• [EXERCISE] From the entries that follow, extract each line holding the string "three".

┄┄┄┄┄┄┄┄┄┄

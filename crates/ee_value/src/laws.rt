//! Laws of the definitions. A body here does nothing; the clauses state the laws.

ghost use Rattle.std.specs.Prelude.{◌≡◌, ◌≢◌, ◌↔◌, ℕ, ◌+◌, ◌-◌, ◌*◌, ◌/◌, ◌%◌, ◌^◌, ◌<◌, ◌≤◌, max, true, false, map, [], ◌∷◌, Some, None};
ghost use Rattle.std.specs.List.{range_with_len};
ghost use Rattle.ee_roots.specs.Roots.{IsLow, IsHigh};
ghost use Rattle.ee_value.specs.declared.rates.Rates.{Rates};
ghost use Rattle.ee_value.specs.Rounding.{Rounds, grown};
ghost use Rattle.ee_value.specs.Chain.{InRange, one_rate, rates_with, named_extension, rate_in, start, highest_start, highest_unit};
ghost use Rattle.ee_value.specs.Value.{accrued, redemption};
ghost use Rattle.ee_value.specs.Open.{low_root, high_root, is_exact, is_open, first_open, NeverOpen, IsFirstOpen};
ghost use Rattle.ee_units.specs.Limits.{highest_rate, unit_price, unit_face};

/// Rounding: exactly one number of cents satisfies `Rounds`, `grown` returns it, and an exact half cent
/// rounds up.
pub const fn rounding_law()
    ensures fits { (u r m : ℕ) → 1 ≤ u → m ≤ 6 → r ≤ highest_rate → Rounds u r m (grown u r m) }
    ensures unique { (u r m c d : ℕ) → Rounds u r m c → Rounds u r m d → c ≡ d }
    ensures half_up { (u r m c : ℕ) → 1 ≤ c → (2 * u) ^ 6 * (20000 + r) ^ m ≡ (2 * c - 1) ^ 6 * 20000 ^ m
        → Rounds u r m c }
    ensures half_year_of_2_percent { Rounds 1250 200 6 1263 }
    ensures quarter_of_4_02_percent { Rounds 1250 402 3 1263 }
{}

/// Terms are a fixed rate and, if it differs, an extension. The named extension gives the terms again, and
/// an extension equal to the fixed rate isn't named.
pub const fn rates_law()
    ensures back { (rates : Rates) → rates_with rates.fixed (named_extension rates) ≡ rates }
    ensures named { (r e : ℕ) → e ≢ r → named_extension (rates_with r (Some e)) ≡ Some e }
    ensures same { (r : ℕ) → named_extension (rates_with r (Some r)) ≡ None }
    ensures unnamed { (r : ℕ) → named_extension (rates_with r None) ≡ None }
{}

/// The chain of half-years: it begins at the unit's price. Each start is the one before, grown for six
/// months and rounded, and the start at 20 years is at least twice the price.
pub const fn chain_law()
    ensures original { (rates : Rates) (k : ℕ) → k < 40 → rate_in rates k ≡ rates.fixed }
    ensures extended { (rates : Rates) (k : ℕ) → 40 ≤ k → rate_in rates k ≡ rates.extension }
    ensures first { (rates : Rates) → start rates 0 ≡ unit_price }
    ensures next { (rates : Rates) (k : ℕ) → InRange rates → k + 1 ≢ 40
        → Rounds (start rates k) (rate_in rates k) 6 (start rates (k + 1)) }
    ensures doubled { (rates : Rates) (c : ℕ) → InRange rates → Rounds (start rates 39) (rate_in rates 39) 6 c
        → start rates 40 ≡ max c unit_face }
    ensures range { (rates : Rates) (k : ℕ) → InRange rates → k ≤ 60
        → (unit_price ≤ start rates k) × (start rates k ≤ highest_start) }
{}

/// Accrued values: the value at an age is the start of its half-year, grown for the months since and
/// rounded. It stops after 30 years, is never below the price, and never falls. Redemption before five
/// years takes off three months.
pub const fn value_law()
    ensures accrued { (rates : Rates) (a : ℕ) → InRange rates → a ≤ 360
        → Rounds (start rates (a / 6)) (rate_in rates (a / 6)) (a % 6) (accrued rates a) }
    ensures stops { (rates : Rates) (a : ℕ) → 360 ≤ a → accrued rates a ≡ accrued rates 360 }
    ensures half_years { (rates : Rates) (k : ℕ) → InRange rates → k ≤ 60 → accrued rates (6 * k) ≡ start rates k }
    ensures never_falls { (rates : Rates) (a j : ℕ) → accrued rates a ≤ accrued rates (a + j) }
    ensures range { (rates : Rates) (a : ℕ) → InRange rates
        → (unit_price ≤ accrued rates a) × (accrued rates a ≤ highest_unit) }
    ensures penalty { (rates : Rates) (a : ℕ) → 12 ≤ a → a < 60 → redemption rates a ≡ accrued rates (a - 3) }
    ensures no_penalty { (rates : Rates) (a : ℕ) → 60 ≤ a → redemption rates a ≡ accrued rates a }
{}

/// Parts of the chains of four rates and two pairs: the half cents of 3.60 % and 20.00 % round up. At 20
/// years 3.40 % is raised to 2500, while 3.60 % has more, whatever the extension.
pub const fn examples_law()
    ensures begins_3_50 { map (start (one_rate 350)) (range_with_len 0 11)
        ≡ 1250 ∷ 1272 ∷ 1294 ∷ 1317 ∷ 1340 ∷ 1363 ∷ 1387 ∷ 1411 ∷ 1436 ∷ 1461 ∷ 1487 ∷ [] }
    ensures doubles_3_50 { map (start (one_rate 350)) (range_with_len 36 5) ≡ 2332 ∷ 2373 ∷ 2415 ∷ 2457 ∷ 2500 ∷ [] }
    ensures doubles_3_40 { map (start (one_rate 340)) (range_with_len 36 5) ≡ 2292 ∷ 2331 ∷ 2371 ∷ 2411 ∷ 2500 ∷ [] }
    ensures begins_3_60 { map (start (one_rate 360)) (range_with_len 0 4) ≡ 1250 ∷ 1273 ∷ 1296 ∷ 1319 ∷ [] }
    ensures doubles_3_60 { map (start (one_rate 360)) (range_with_len 36 5) ≡ 2376 ∷ 2419 ∷ 2463 ∷ 2507 ∷ 2552 ∷ [] }
    ensures begins_20 { map (start (one_rate 2000)) (range_with_len 0 9)
        ≡ 1250 ∷ 1375 ∷ 1513 ∷ 1664 ∷ 1830 ∷ 2013 ∷ 2214 ∷ 2435 ∷ 2679 ∷ [] }
    ensures ends_20 { map (start (one_rate 2000)) (range_with_len 56 5)
        ≡ 259966 ∷ 285963 ∷ 314559 ∷ 346015 ∷ 380617 ∷ [] }
    ensures extends_3_40_by_4 { map (start (rates_with 340 (Some 400))) (range_with_len 38 6)
        ≡ 2371 ∷ 2411 ∷ 2500 ∷ 2550 ∷ 2601 ∷ 2653 ∷ [] }
    ensures extends_3_60_by_0 { map (start (rates_with 360 (Some 0))) (range_with_len 39 4)
        ≡ 2507 ∷ 2552 ∷ 2552 ∷ 2552 ∷ [] }
{}

/// Rates whose growth over three months is a fraction: up to 20 % these are 0.00, 4.02, 8.08, 12.18 and
/// 16.32 %.
pub const fn exact_law()
    ensures exact { (is_exact 0 ≡ true) × (is_exact 402 ≡ true) × (is_exact 808 ≡ true) × (is_exact 1218 ≡ true)
        × (is_exact 1632 ≡ true) }
    ensures inexact { (r : ℕ) → r ≤ highest_rate → r ≢ 0 → r ≢ 402 → r ≢ 808 → r ≢ 1218 → r ≢ 1632 → is_exact r ≡ false }
{}

/// Open ages: what the bounds are, which ages are never open, and what `first_open` returns.
pub const fn open_law()
    ensures low { (b r p : ℕ) → 8 ≤ b → r ≤ highest_rate → IsLow b r p → low_root b r ≡ p }
    ensures high { (b r p : ℕ) → 8 ≤ b → r ≤ highest_rate → IsHigh b r p → high_root b r ≡ p }
    ensures whole_half_year { (rates : Rates) (a b : ℕ) → a % 6 ≡ 0 → is_open rates a b ≡ false }
    ensures no_interest { (rates : Rates) (a b : ℕ) → rate_in rates (a / 6) ≡ 0 → is_open rates a b ≡ false }
    ensures exact_quarter { (rates : Rates) (a b : ℕ) → a % 6 ≡ 3 → is_exact (rate_in rates (a / 6)) ≡ true
        → is_open rates a b ≡ false }
    ensures matured { (rates : Rates) (a b : ℕ) → 360 ≤ a → is_open rates a b ≡ false }
    ensures never { (rates : Rates) (b : ℕ) → NeverOpen rates b ↔ (first_open rates b ≡ None) }
    ensures first { (rates : Rates) (b a : ℕ) → IsFirstOpen rates b a ↔ (first_open rates b ≡ Some a) }
{}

┄┄┄┄┄┄┄┄┄┄

• [PROBLEM SOLUTION]
/// years takes off three months.
/// Rates whose growth over three months is a fraction: up to 20 % these are 0.00, 4.02, 8.08, 12.18 and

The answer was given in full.